I'm dedicating this thread for mentioning concepts and settings that many have seen that they feel would be a good inspiration for games.
Feel free to post the description of the setting and plot. If you want to, leave out the origin and seep if people can guess where it's from.
Allow me to start:

Setting 1:
The players are citizens in a city full of people that lost their memories of events that happened more than 40 years ago. They work as investigators, talking to clients that may hold clues to the happenings of the cities forgotten past. Between the interaction heavy investigations, they also have to defend the populace from massive threats while piloting a giant mech, seemingly giving the power of gods to mortal hands.
Big O

Setting 2:
The characters are hunters in a gothic city full of monstrous horrors that come out at night. Running though the dark and bloody streets, the characters must face the threats of ancient evils and mad townsfolk that have grown twisted due to some strange disease. Blood, action, and horror mark the events that lead the players down the road of madness as they try to find the dark secret of the city.
Bloodborne

Setting 3:
What goes on in the world of computers? Players experience what it's like in the digital world as they take on the roles of security programs to decent the mainframe city form viruses and bugs that threaten to destroy it.
Tron or ReBoot

Setting 4:
Can you reach your new home? That is the question that each player will be asked as they see the world from the viewpoint of animals. Slipping into the persona of a little forest creature (rabbit, bat, shrew, squirrel), the characters must face the threats of a world out to do them harm as they try to find (and survive) their way to their new forest (or burrow).
Watership Down or Silverwig

Try to guess what I'm referring to here and post your own ideas.
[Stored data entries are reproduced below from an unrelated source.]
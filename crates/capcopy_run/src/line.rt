//! The lines of packets.

ghost use Rattle.std.specs.Prelude.{◌≡◌, ◌+◌, ◌≤◌, ◌++◌, drop};
ghost use Rattle.std.specs.Fmt.{decimal};
ghost use Rattle.capcopy_run.specs.PacketLines.{packet_line};

use pcap_file::pcap::PacketHeader;
use pcap_program::{ROOM, put_byte, put_nine_digits, put_number};

// Puts seconds before the text that begins at `end`. Times since March 1973 have at least nine digits.
#[inline(always)]
fn put_seconds(room: &mut [u8; ROOM], end: usize, seconds: u32) -> usize
    requires { (20 ≤ end) × (end ≤ 126) }
    ensures start { (result ≤ end) × (end ≤ result + 20) }
    ensures text { drop result room.new ≡ decimal seconds ++ drop end room.old }
{
    if seconds < 100_000_000 {
        return put_number(room, end, u64::from(seconds));
    }
    put_nine_digits(room, end, seconds)
}

/// Writes the line of the packet at this index into the end of the buffer, and returns where the line begins.
#[inline(always)]
pub(crate) fn make_line(room: &mut [u8; ROOM], index: u64, header: PacketHeader) -> usize
    ensures within { result ≤ 126 }
    ensures line { drop result room.new ≡ packet_line index header }
{
    let start = put_byte(room, ROOM, b'\n');
    let start = put_number(room, start, u64::from(header.orig_len));
    let start = put_byte(room, start, b'/');
    let start = put_number(room, start, u64::from(header.incl_len));
    let start = put_byte(room, start, b' ');
    let start = put_nine_digits(room, start, header.ts_nsec);
    let start = put_byte(room, start, b'.');
    let start = put_seconds(room, start, header.ts_sec);
    let start = put_byte(room, start, b' ');
    put_number(room, start, index)
}
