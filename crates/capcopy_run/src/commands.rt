//! The words that the program knows, and the actions that they select.

ghost use Rattle.std.specs.Prelude.{◌≡◌, IfSome};
ghost use Rattle.std.specs.Io.KnownBytes.{Keeps};
ghost use Rattle.pcap_classic.specs.declared.run.copy.Under.{Under};
ghost use Rattle.pcap_program.specs.declared.exit.Exit.TheVariants as exits;
ghost use Rattle.capcopy_run.specs.BlockLines.{block_lines};
ghost use Rattle.capcopy_run.specs.Commands.{AsksFor};
ghost use Rattle.capcopy_run.specs.Copying.{CopiesUntil};
ghost use Rattle.pcap_program.specs.Exits.{IsMemoryExit, exit_of};
ghost use Rattle.capcopy_run.specs.Exits.{IsOfKnownWord};
ghost use Rattle.capcopy_run.specs.Listing.{ListsUntil};
ghost use Rattle.capcopy_run.specs.PacketLines.{packet_lines};
ghost use Rattle.capcopy_run.specs.Words.{texts_of, AskForList, AskForBlocks, AskForCopy, AskForNothing};

use crate::blocks::blocks;
use crate::copy::copy;
use crate::list::list_lines;
use pcap_file::run::Under;
use pcap_file::{Endianness, TsResolution};
use pcap_program::Exit;
use std::alloc::Global;
use std::io::{BufRead, Write};

// The action that the words select.
pub(crate) enum Command {
    List,
    Copy(Under),
    Blocks,
}

fn asked_for(words: &[&str]) -> Option<Command>
    ensures { AsksFor (texts_of words.now) result }
{
    let under = match words {
        ["list"] => return Some(Command::List),
        ["blocks"] => return Some(Command::Blocks),
        ["copy"] => Under::Same,
        ["copy", "big", "micro"] => Under::Order(Endianness::Big, TsResolution::MicroSecond),
        ["copy", "big", "nano"] => Under::Order(Endianness::Big, TsResolution::NanoSecond),
        ["copy", "little", "micro"] => Under::Order(Endianness::Little, TsResolution::MicroSecond),
        ["copy", "little", "nano"] => Under::Order(Endianness::Little, TsResolution::NanoSecond),
        _ => return None,
    };
    Some(Command::Copy(under))
}

/// Runs the program with these words, and writes at most `most` lines or packets.
///
/// `list` writes a line for each packet of the capture in the input: `index sec.nsec incl/orig`. The index counts from 1, sec and
/// nsec are the time in seconds and nanoseconds, and incl and orig are the stored and the original length in bytes.
/// `copy` writes the capture again, and `copy big|little micro|nano` writes it with that byte order and timestamp resolution.
/// `blocks` writes `section big|little major.minor` for the first section header of a PcapNg capture, which doesn't count towards
/// `most`. It then writes a line for each later block: `index kind length ok|refused`. The length is that of the whole block in
/// bytes, and the last word says whether the body could be read. Lines and packets before an error are written.
/// For other words the result is `Usage`, and nothing is read or written.
///
/// The input must be buffered (`BufRead`), since packets and blocks are lent from its buffer. `list` and `blocks` flush the output
/// each time before they read more of the input. With `copy` the caller must flush.
pub fn run<R: BufRead, W: Write>(
    alloc: Global,
    words: &[&str],
    input: &mut R,
    output: &mut W,
    most: u64,
) -> Exit
    ensures listed { AskForList (texts_of words.now) → IfSome (R.remaining input.old) (λ s.
        ListsUntil packet_lines most s (R.remaining input.new) (W.contents output.old) (W.contents output.new) result) }
    ensures list_takes_no_memory { AskForList (texts_of words.now) → IsMemoryExit result → ⊥ }
    ensures blocks_listed { AskForBlocks (texts_of words.now) → IfSome (R.remaining input.old) (λ s.
        ListsUntil block_lines most s (R.remaining input.new) (W.contents output.old) (W.contents output.new) result) }
    ensures copied { (under : Under) → AskForCopy under (texts_of words.now) →
        CopiesUntil under (R.remaining input.old) (R.remaining input.new) (W.contents output.old) (W.contents output.new) most result }
    ensures known { (AskForNothing (texts_of words.now) → ⊥) → IsOfKnownWord result }
    ensures usage { AskForNothing (texts_of words.now) → result ≡ exits.Usage }
    ensures unread { AskForNothing (texts_of words.now) → Keeps (R.remaining input.old) (R.remaining input.new) }
    ensures unwritten { AskForNothing (texts_of words.now) → Keeps (W.contents output.old) (W.contents output.new) }
{
    match asked_for(words) {
        None => Exit::Usage,
        Some(Command::List) => exit_at(list_lines(alloc, input, output, most)),
        Some(Command::Copy(under)) => exit_at(copy(alloc, input, output, under, most)),
        Some(Command::Blocks) => exit_at(blocks(alloc, input, output, most)),
    }
}

fn exit_at(done: Result<(), Exit>) -> Exit
    ensures { result ≡ exit_of done }
{
    match done {
        Ok(()) => Exit::Done,
        Err(exit) => exit,
    }
}
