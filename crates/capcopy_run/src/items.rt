//! Listing the items of a capture, one line each.

ghost use Rattle.std.specs.Prelude.{◌≡◌, ◌≤◌, ◌<◌, ◌+◌, ℕ, List, length, true, IfOk, IfErr};
ghost use Rattle.pcap_program.specs.Exits.{IsMemoryExit};
ghost use Rattle.pcap_items.specs.Format.{Format};
ghost use Rattle.capcopy_run.specs.Listing.{ListsItems, streams};
ghost use Rattle.capcopy_run.specs.Turns.{TurnGives, WalkGives, turn, walk};

use pcap_program::Exit;
use std::alloc::Global;
use std::io::{BufRead, Write};

/// A writer of lines for items of one kind.
pub trait Lister {
    ghost Setting: { Type 0 };

    ghost State: { Type 0 };

    ghost Value: { Type 0 };

    ghost grows: { Type 0 };

    ghost is_line: { Setting → ℕ → Value → List ℕ → Type 0 };

    ghost format: { Setting → Format State Value };

    ghost setting: { Self → Setting };

    ghost state: { Self → State };

    /// Writes a line for each whole item at the front of these bytes, and returns the number of bytes of these items. Counts each listed
    /// item in `listed`, up to `most`. Returns `Io` if the output fails, and `Memory` if a line can't be made for lack of memory.
    fn list_shown<W: Write>(
        &mut self,
        alloc: Global,
        shown: &[u8],
        output: &mut W,
        listed: &mut u64,
        most: u64,
    ) -> Result<usize, Exit>
        requires { listed.old ≤ most }
        ensures same { setting self.new ≡ setting self.old }
        ensures counts { (listed.old ≤ listed.new) × (listed.new ≤ most) }
        ensures within { IfOk result (λ used. used ≤ length shown.now) }
        ensures memory { IfErr result (λ exit. IsMemoryExit exit → grows) }
        ensures walks { WalkGives (is_line (setting self.old)) (format (setting self.old)) shown.now
            (walk (state self.old) (W.contents output.old) listed.old) (walk (state self.new) (W.contents output.new) listed.new) most result };

    /// Writes the line of the item at the front of the input, and returns whether there was one. Returns the errors of `list_shown`, `Io`
    /// if the input fails or ends early, and `Refused` if the item is malformed.
    fn list_torn<R: BufRead, W: Write>(
        &mut self,
        alloc: Global,
        input: &mut R,
        output: &mut W,
        listed: &mut u64,
        most: u64,
    ) -> Result<bool, Exit>
        requires { listed.old < most }
        ensures same { setting self.new ≡ setting self.old }
        ensures counts { IfOk result (λ more. (more ≡ true → listed.new ≡ listed.old + 1)) }
        ensures memory { IfErr result (λ exit. IsMemoryExit exit → grows) }
        ensures turn { TurnGives (is_line (setting self.old)) (format (setting self.old))
            (turn (state self.old) (R.remaining input.old) (W.contents output.old) listed.old)
            (turn (state self.new) (R.remaining input.new) (W.contents output.new) listed.new) most result };
}

// Writes the lines of the items that are whole in the input's buffer, or else of the item cut by the end of the buffer. It flushes the
// lines so far before the input may wait.
fn list_some<L: Lister, R: BufRead, W: Write>(
    alloc: Global,
    lister: &mut L,
    input: &mut R,
    output: &mut W,
    listed: &mut u64,
    most: u64,
) -> Result<bool, Exit>
    requires { listed.old < most }
    ensures same { L.setting lister.new ≡ L.setting lister.old }
    ensures counts { IfOk result (λ more. (more ≡ true → (listed.old < listed.new) × (listed.new ≤ most))) }
    ensures memory { IfErr result (λ exit. IsMemoryExit exit → L.grows) }
    ensures turn { TurnGives (L.is_line (L.setting lister.old)) (L.format (L.setting lister.old))
        (turn (L.state lister.old) (R.remaining input.old) (W.contents output.old) listed.old)
        (turn (L.state lister.new) (R.remaining input.new) (W.contents output.new) listed.new) most result }
{
    output.flush()?;
    let shown = input.fill_buf()?;
    if shown.is_empty() {
        return Ok(false);
    }
    let before = *listed;
    let used = lister.list_shown(alloc, shown, output, listed, most)?;
    input.consume(used);
    if *listed > before {
        return Ok(true);
    }
    lister.list_torn(alloc, input, output, listed, most)
}

/// Writes a line for each item of the input, and returns `Most` once `most` lines are written. Returns the other errors of the lister,
/// and `Io` if the output can't be flushed.
pub fn list_items<L: Lister, R: BufRead, W: Write>(
    alloc: Global,
    lister: &mut L,
    input: &mut R,
    output: &mut W,
    most: u64,
) -> Result<(), Exit>
    ensures memory { IfErr result (λ exit. IsMemoryExit exit → L.grows) }
    ensures lists { ListsItems (L.is_line (L.setting lister.old)) (L.format (L.setting lister.old)) (L.state lister.old)
        (streams (R.remaining input.old) (W.contents output.old)) (streams (R.remaining input.new) (W.contents output.new)) most result }
{
    let mut listed = 0;
    while listed < most {
        if !list_some(alloc, lister, input, output, &mut listed, most)? {
            return Ok(());
        }
    }
    Err(Exit::Most)
}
PS: added answers in spoilers

AceOfFools
2015-06-03, 07:06 PM
I've written and run a one shot using BESM that was:

High Fantasy Bachelorette
The prrince(ss) of an incredibly vast magical empire is having a contest to determine who will win their hand in marriage. You play eligible bachelors that have to overcome the challenges she set (in the one shot a trade dispute between neighboring towns) while the prince(ss)'s agents watch over you and judge your fitness to be the next Emperor/Empress.

Cealocanth
2015-06-03, 08:48 PM
No idea on the first three (I tend to be hindered by lack of exposure to certain media), but setting 4 sounds like Mouseguard. Maybe you could put the answers in spoilers underneath the settings?

I have a couple for you.

The players are all sentient AI programs that exist in an attemptedly realistic, yet aged and flawed, simulated reality. While their avatars in such a program makes them appear as humanoid robots, their programming has been advancing and developing for long enough to form human levels. They travel throughout this world under the command of a seemingly omnipotent AI designed to be the voice of law, all the while being taunted and tempted by a near-invisible AI designed to plant the seeds of doubt. Upon the realization that this reality is false and limited, the players look for a way to escape.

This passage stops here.